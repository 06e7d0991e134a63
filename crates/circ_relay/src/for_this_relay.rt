// Recognised relay cells, and the relay messages in them.

ghost use Rattle.std.specs.Prelude.{◌≡◌, ◌≢◌, ℕ, ◌+◌, ◌≤◌, [], ◌∷◌, List, position, is_some, Some, None, IsTrue, IfSome};
ghost use Rattle.tor_spec.specs.RelayCell.{data_command};
ghost use Rattle.circuit_model.specs.Events.{Event};
ghost use Rattle.circuit_model.specs.declared.event.Event.TheVariants.{Forward};
ghost use Rattle.circuit_model.specs.Log.{Log, Message as ModelMessage, no_effects};
ghost use Rattle.circuit_model.specs.Effects.{effects_after, message_effects};
ghost use Rattle.circuit_model.specs.Words.{effects, log};
ghost use Rattle.sendme_windows.specs.WindowsState.{KeepsLimits};
ghost use Rattle.stream_edge.specs.Streams.{is_live_as};
ghost use Rattle.circ_relay.specs.BroughtMessages.{IsBrought, IsNextCell, after_cell};
ghost use Rattle.circ_relay.specs.OpenedBodies.{is_data_for_live};
ghost use Rattle.circ_relay.specs.EdgeEvents.{stream_of_order};
ghost use Rattle.circ_relay.specs.CircuitOfLog.{IsCircuit, IsMadeBy, HasCalls, HasParts};
ghost use Rattle.circ_relay.specs.OpenedBodies.{IsOpened};
ghost use Rattle.circ_relay.specs.Values.{effects_of, rules_of};

use crate::circuit::Circuit;
use crate::effects::Effects;
use crate::message::Message;
use crate::rules::Rules;
use cell_codec::{Bytes, command as cell_command, destroy_reason};
use relay_cell::{Opened, command, payload_of, read_head, stream_end};

impl Circuit {
    // A recognised cell. What it has the circuit do goes into `outcome`, where nothing is to be done yet: handed
    // from function to function as a result, its bodies would be copied each time.
    #[inline(never)]
    pub(crate) fn for_this_relay(
        &mut self,
        rules: &Rules,
        opened: &Opened,
        digest: [u8; 20],
        command: u8,
        room: Bytes,
        outcome: &mut Effects,
    )
        requires calls { HasCalls self.old }
        requires recognised { opened.now.recognised ≡ Some digest }
        requires empty { room.items ≡ [] }
        requires ample { IsTrue (is_data_for_live opened.now self.old.places) → 498 ≤ room.spare }
        requires blank { effects_of outcome.old ≡ no_effects }
        ensures effects { (h : List Event) (body : List ℕ) → IsCircuit self.old (rules_of rules.now) h →
            IsOpened opened.now (log (rules_of rules.now) h) body →
            effects_of outcome.new ≡ effects (rules_of rules.now) h (Forward command body) }
        ensures circuit { (h : List Event) (body : List ℕ) → IsCircuit self.old (rules_of rules.now) h →
            IsOpened opened.now (log (rules_of rules.now) h) body → outcome.new.close ≡ None →
            IsCircuit self.new (rules_of rules.now) (Forward command body ∷ h) }
        ensures windows { self.new.windows.calls ≤ self.old.windows.calls + 1 }
        ensures places { self.new.places.calls ≤ self.old.places.calls + 1 }
        ensures packaged { self.new.packager.padding.count ≤ self.old.packager.padding.count + 1 }
        ensures limits { KeepsLimits self.old.windows self.new.windows }
        ensures number { self.new.number ≡ self.old.number }
        ensures order { IfSome outcome.new.edge (λ order. (stream_of_order order).circ ≡ self.old.number) }
    {
        if !self.counts(command) {
            *outcome = Effects::closing(destroy_reason::PROTOCOL);
            return;
        }
        self.received(rules, opened, digest, command, room, outcome);
    }

    // A recognised cell that isn't one RELAY_EARLY too many.
    fn received(
        &mut self,
        rules: &Rules,
        opened: &Opened,
        digest: [u8; 20],
        command: u8,
        room: Bytes,
        outcome: &mut Effects,
    )
        requires calls { HasCalls self.old }
        requires recognised { opened.now.recognised ≡ Some digest }
        requires empty { room.items ≡ [] }
        requires ample { IsTrue (is_data_for_live opened.now self.old.places) → 498 ≤ room.spare }
        requires blank { effects_of outcome.old ≡ no_effects }
        ensures effects { (log : Log) (body : List ℕ) → IsNextCell opened.now log command body →
            IsMadeBy self.old (rules_of rules.now) → HasParts self.old log →
            effects_of outcome.new ≡ effects_after (rules_of rules.now) log (Forward command body) }
        ensures parts { (log : Log) (body : List ℕ) → IsNextCell opened.now log command body →
            IsMadeBy self.old (rules_of rules.now) → HasParts self.old log → outcome.new.close ≡ None →
            HasParts self.new (after_cell (rules_of rules.now) log command body) }
        ensures windows { self.new.windows.calls ≤ self.old.windows.calls + 1 }
        ensures places { self.new.places.calls ≤ self.old.places.calls + 1 }
        ensures packaged { self.new.packager.padding.count ≤ self.old.packager.padding.count + 1 }
        ensures limits { KeepsLimits self.old.windows self.new.windows }
        ensures early { self.new.early_cells ≡ self.old.early_cells }
        ensures number { self.new.number ≡ self.old.number }
        ensures order { IfSome outcome.new.edge (λ order. (stream_of_order order).circ ≡ self.old.number) }
    {
        let Some(head) = read_head(&opened.body) else {
            *outcome = Effects::closing(destroy_reason::PROTOCOL);
            return;
        };
        let message = Message {
            command: head.command,
            stream: head.stream,
            payload: payload_of(&opened.body),
            digest,
            is_early: command == cell_command::RELAY_EARLY,
        };
        self.message(rules, &message, room, outcome);
    }

    fn message(&mut self, rules: &Rules, message: &Message<'_>, room: Bytes, outcome: &mut Effects)
        requires calls { HasCalls self.old }
        requires empty { room.items ≡ [] }
        requires ample { message.now.command ≡ data_command →
            IsTrue (is_some (position (is_live_as message.now.stream) self.old.places.streams)) → 498 ≤ room.spare }
        requires blank { effects_of outcome.old ≡ no_effects }
        ensures effects { (log : Log) (command : ℕ) (body : List ℕ) (m : ModelMessage) →
            IsBrought message.now log command body m → IsMadeBy self.old (rules_of rules.now) → HasParts self.old log →
            effects_of outcome.new ≡ message_effects (rules_of rules.now) log m }
        ensures parts { (log : Log) (command : ℕ) (body : List ℕ) (m : ModelMessage) → IsBrought message.now log command body m →
            IsMadeBy self.old (rules_of rules.now) → HasParts self.old log → outcome.new.close ≡ None →
            HasParts self.new (after_cell (rules_of rules.now) log command body) }
        ensures windows { self.new.windows.calls ≤ self.old.windows.calls + 1 }
        ensures places { self.new.places.calls ≤ self.old.places.calls + 1 }
        ensures packaged { self.new.packager.padding.count ≤ self.old.packager.padding.count + 1 }
        ensures limits { KeepsLimits self.old.windows self.new.windows }
        ensures early { self.new.early_cells ≡ self.old.early_cells }
        ensures number { self.new.number ≡ self.old.number }
        ensures order { IfSome outcome.new.edge (λ order. (stream_of_order order).circ ≡ self.old.number) }
    {
        if message.command == command::DATA {
            self.data(message, room, outcome);
            return;
        }
        *outcome = self.other_message(rules, message);
    }

    // A message that isn't DATA: these are few.
    #[inline(never)]
    fn other_message(&mut self, rules: &Rules, message: &Message<'_>) -> Effects
        requires calls { HasCalls self.old }
        requires other { message.now.command ≢ data_command }
        ensures effects { (log : Log) (command : ℕ) (body : List ℕ) (m : ModelMessage) →
            IsBrought message.now log command body m → IsMadeBy self.old (rules_of rules.now) → HasParts self.old log →
            effects_of result ≡ message_effects (rules_of rules.now) log m }
        ensures parts { (log : Log) (command : ℕ) (body : List ℕ) (m : ModelMessage) → IsBrought message.now log command body m →
            IsMadeBy self.old (rules_of rules.now) → HasParts self.old log → result.close ≡ None →
            HasParts self.new (after_cell (rules_of rules.now) log command body) }
        ensures windows { self.new.windows.calls ≤ self.old.windows.calls + 1 }
        ensures places { self.new.places.calls ≤ self.old.places.calls + 1 }
        ensures packaged { self.new.packager.padding.count ≤ self.old.packager.padding.count + 1 }
        ensures limits { KeepsLimits self.old.windows self.new.windows }
        ensures early { self.new.early_cells ≡ self.old.early_cells }
        ensures number { self.new.number ≡ self.old.number }
        ensures order { IfSome result.edge (λ order. (stream_of_order order).circ ≡ self.old.number) }
    {
        match message.command {
            command::BEGIN => self.begin(rules, message),
            command::END => self.end(message),
            command::SENDME => self.sendme(message),
            command::TRUNCATE => self.truncate(),
            command::RESOLVE => self.resolve(rules, message),
            command::BEGIN_DIR => self.ending(message.stream, stream_end::NOT_DIRECTORY),
            command::EXTEND2 => self.extend(message),
            _ => Effects::none(),
        }
    }
}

****************************************

__ASSIGNED TASK__
Among the lines above, which ones hold the string "received"? Show them.

__SOLUTION__
        self.received(rules, opened, digest, command, room, outcome);
    fn received(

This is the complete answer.